Only lines containing the string "ending" belong in the answer; copy all of them from the entries.

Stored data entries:
⁂
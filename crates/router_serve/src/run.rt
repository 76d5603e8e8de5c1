//! The tasks of a router, on one thread or several.

use crate::boxed::Boxed;
use crate::end::{Failure, outcome_of};
use futures::Future;
use futures::future::ready;
use hub::HubLedger;
use published_routes::Publish;
use router_state::{Admin, Control, Host, Router, add};
use router_tasks::{AdminTask, AskTask, Drains, Speech, Task, Ticker};
use router_traffic::{AcceptTask, ReadTask, WriteTask};
use std::alloc::{AllocError, AllocGlobal};
use std::net::{Net, TcpListener as StdListener, TcpStream as StdStream};
use std::random::RandomSource;
use std::sync::Wait;
use std::thread;
use std::thread::Threads;
use std::time::{Clock, Duration};
use tokio::reactor::Handle;
use tokio::runtime;
use tokio::runtime::LocalRuntime;
use tokio::time::{MissedTickBehavior, Sleep};

/// As many connections at once has each port where figures are asked for.
const ASKERS: usize = 8;

/// Runs all tasks of a router until it ends. Each thread but this one lasts as long as the call. If the system refuses
/// one, the ticker ends the router.
pub fn run_tasks<L: HubLedger + Send + Sync, B: Publish<L> + Send + Sync, R>(
    rt: &R,
    threads: &mut [LocalRuntime],
    router: &Router<L, B>,
) -> Result<(), Failure>
where
    R: Threads
        + Wait
        + Sync
        + Clock
        + RandomSource
        + AllocGlobal
        + Net<Listener = StdListener, Stream = StdStream>,
{
    let run = Run {
        rt,
        router,
        first: if router.auditor.is_rolling { 1 } else { 0 },
        last: threads.len().saturating_sub(1),
    };
    let count = threads.len().max(1);
    thread::for_each_mut(
        rt,
        threads,
        count,
        &|place: usize, runtime: &mut LocalRuntime| { run.on(place, runtime) },
    );
    outcome_of(router.shared.switchboard.ending())
}

/// What the threads of a run share.
#[derive(Drop)]
struct Run<'a, L: HubLedger, B: Publish<L>, R> {
    rt: &'a R,
    router: &'a Router<L, B>,
    /// The place of the first thread with tasks. One that looks at histories stands before it, if there is one.
    first: usize,
    /// The place of this thread: the one part that isn't put off if the system refuses a thread.
    last: usize,
}

impl<L: HubLedger, B: Publish<L>, R> Run<'_, L, B, R>
where
    R: Wait + Clock + RandomSource + AllocGlobal + Net<Listener = StdListener, Stream = StdStream>,
{
    // Runs the tasks of the thread at this place. One that fails takes its tasks with it, so the others end too.
    fn on(&self, place: usize, runtime: &mut LocalRuntime) {
        let router = self.router;
        let Some(worker) = place.checked_sub(self.first) else {
            // It looks at histories until the tasks of the last thread have ended.
            router.auditor.run(self.rt, &router.shared.switchboard);
            return;
        };
        let part = Part {
            rt: self.rt,
            admin: router,
            worker,
            is_last: place == self.last,
        };
        if let Err(failure) = part.run(runtime, router) {
            router.shared.switchboard.abandon(failure.ending());
        }
        if part.is_last {
            router.auditor.end(self.rt);
        }
    }
}

/// What is run for the sessions of a router. What its connections' tasks ask of it, and what the others ask, are
/// bounds of two calls: all of them are more than the check of one call takes.
trait HostRunner {
    fn run<H: Host + Control>(&self, runtime: &mut LocalRuntime, router: &H) -> Result<(), Failure>;
}

/// The tasks of one thread.
#[derive(Drop)]
struct Part<'a, A, R> {
    rt: &'a R,
    admin: &'a A,
    worker: usize,
    is_last: bool,
}

impl<L: HubLedger, B: Publish<L>, R> HostRunner for Part<'_, Router<L, B>, R>
where
    R: Wait + Clock + RandomSource + AllocGlobal + Net<Listener = StdListener, Stream = StdStream>,
{
    fn run<H: Host + Control>(
        &self,
        runtime: &mut LocalRuntime,
        router: &H,
    ) -> Result<(), Failure> {
        run_part(self, runtime, router)
    }
}

// The tasks of the connections that a thread carries, and if it is the last one those of operators.
fn run_part<H: Host + Control, A: Control + Admin, R>(
    part: &Part<'_, A, R>,
    runtime: &mut LocalRuntime,
    router: &H,
) -> Result<(), Failure>
where
    R: Wait + Clock + RandomSource + AllocGlobal + Net<Listener = StdListener, Stream = StdStream>,
{
    let (rt, admin) = (part.rt, part.admin);
    let drains = Drains::new();
    let mut tasks: Vec<Task<'_, H, A, R>> = Vec::new(router.shared().alloc);
    let reactor = runtime.handle().reactor();
    add_servers(rt, reactor, router, part.worker, &mut tasks)?;
    add_clients(rt, router, part.worker, &mut tasks)?;
    if part.is_last {
        add_common(rt, runtime.handle(), admin, &drains, &mut tasks)?;
        add_asked(rt, runtime.handle(), admin, &drains, &mut tasks)?;
    }
    run_set(rt, runtime, tasks)
}

// Runs tasks until all have ended.
fn run_set<F, R>(rt: &R, runtime: &mut LocalRuntime, tasks: Vec<F>) -> Result<(), Failure>
where
    F: Future<Output = ()>,
    R: Wait + Clock + RandomSource + AllocGlobal,
    requires { (task : F) → F.can_poll task }
{
    let set = runtime.task_set(rt)?;
    for task in tasks {
        if set.spawn(Boxed::new(rt.alloc(), task)?).is_err() {
            return Err(Failure::Memory);
        }
    }
    runtime.block_on_with(rt, &set, ready(()))?;
    Ok(())
}

// A reader and a writer for each server of a thread.
fn add_servers<'a, H: Host + Control, A: Control + Admin, R: Wait + Clock>(
    rt: &'a R,
    reactor: &Handle,
    router: &'a H,
    worker: usize,
    tasks: &mut Vec<Task<'a, H, A, R>>,
) -> Result<(), Failure> {
    let slots = router.shared().switchboard.servers();
    for (place, slot) in slots.iter().enumerate() {
        if slot.worker() != worker {
            continue;
        }
        let id = place as u64;
        let reactor = reactor.clone()?;
        add(
            tasks,
            Task::Read(ReadTask::of_server(rt, router, slot, id, reactor)),
        )?;
        add(
            tasks,
            Task::Write(WriteTask::of_server(rt, router, slot, id)),
        )?;
    }
    Ok(())
}

// The task that accepts the clients of a thread, and a reader and a writer for each of their slots.
fn add_clients<'a, H: Host + Control, A: Control + Admin, R: Wait + Clock>(
    rt: &'a R,
    router: &'a H,
    worker: usize,
    tasks: &mut Vec<Task<'a, H, A, R>>,
) -> Result<(), AllocError> {
    let accept = AcceptTask {
        rt,
        router,
        place: worker,
    };
    add(tasks, Task::Accept(accept))?;
    for (place, slot) in router.shared().switchboard.clients().iter().enumerate() {
        if slot.worker() == worker {
            add(
                tasks,
                Task::Read(ReadTask::of_client(rt, router, slot, place)),
            )?;
            add(
                tasks,
                Task::Write(WriteTask::of_client(rt, router, slot, place)),
            )?;
        }
    }
    Ok(())
}

// The tasks that take an operator's orders, and that look at the clock.
fn add_common<'a, H: Host + Control, A: Control + Admin, R: Wait + Clock>(
    rt: &'a R,
    handle: &runtime::Handle,
    router: &'a A,
    drains: &'a Drains,
    tasks: &mut Vec<Task<'a, H, A, R>>,
) -> Result<(), Failure> {
    let silence = handle.time().sleep(rt, router.shared().timing.admin_idle)?;
    add(tasks, Task::Admin(AdminTask::new(rt, router, silence)))?;
    let period = Duration::from_millis(router.shared().timing.tick_ms.max(1));
    let Some(first) = router.shared().timing.start.checked_add(period) else {
        return Err(Failure::Memory);
    };
    let mut interval = handle.time().interval_at(first, period)?;
    interval.set_missed_tick_behavior(MissedTickBehavior::Skip);
    let pause = handle.time().sleep(rt, period)?;
    let ticker = Ticker::new(rt, router, drains, interval, pause);
    add(tasks, Task::Tick(ticker))?;
    Ok(())
}

// The tasks of the ports where figures are asked for, if there are any.
fn add_asked<'a, H: Host + Control, A: Control + Admin, R: Wait + Clock>(
    rt: &'a R,
    handle: &runtime::Handle,
    router: &'a A,
    drains: &'a Drains,
    tasks: &mut Vec<Task<'a, H, A, R>>,
) -> Result<(), Failure> {
    if let Some(port) = &router.shared().ports.operator {
        let silences = silences(rt, handle, router)?;
        let ask = AskTask::new(rt, router, drains, port, Speech::Lines, silences)?;
        add(tasks, Task::Ask(ask))?;
    }
    if let Some(port) = &router.shared().ports.metrics_http {
        let silences = silences(rt, handle, router)?;
        let ask = AskTask::new(rt, router, drains, port, Speech::Http, silences)?;
        add(tasks, Task::Ask(ask))?;
    }
    Ok(())
}

// A timer for each connection of a port where figures are asked for.
fn silences<A: Control, R: Wait + Clock>(
    rt: &R,
    handle: &runtime::Handle,
    router: &A,
) -> Result<Vec<Sleep>, Failure> {
    let mut silences = Vec::with_capacity(router.shared().alloc, ASKERS)?;
    for _ in 0..ASKERS {
        silences.push(handle.time().sleep(rt, router.shared().timing.admin_idle)?)?;
    }
    Ok(silences)
}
⁂
- [Task answer]
    outcome_of(router.shared.switchboard.ending())
            router.shared.switchboard.abandon(failure.ending());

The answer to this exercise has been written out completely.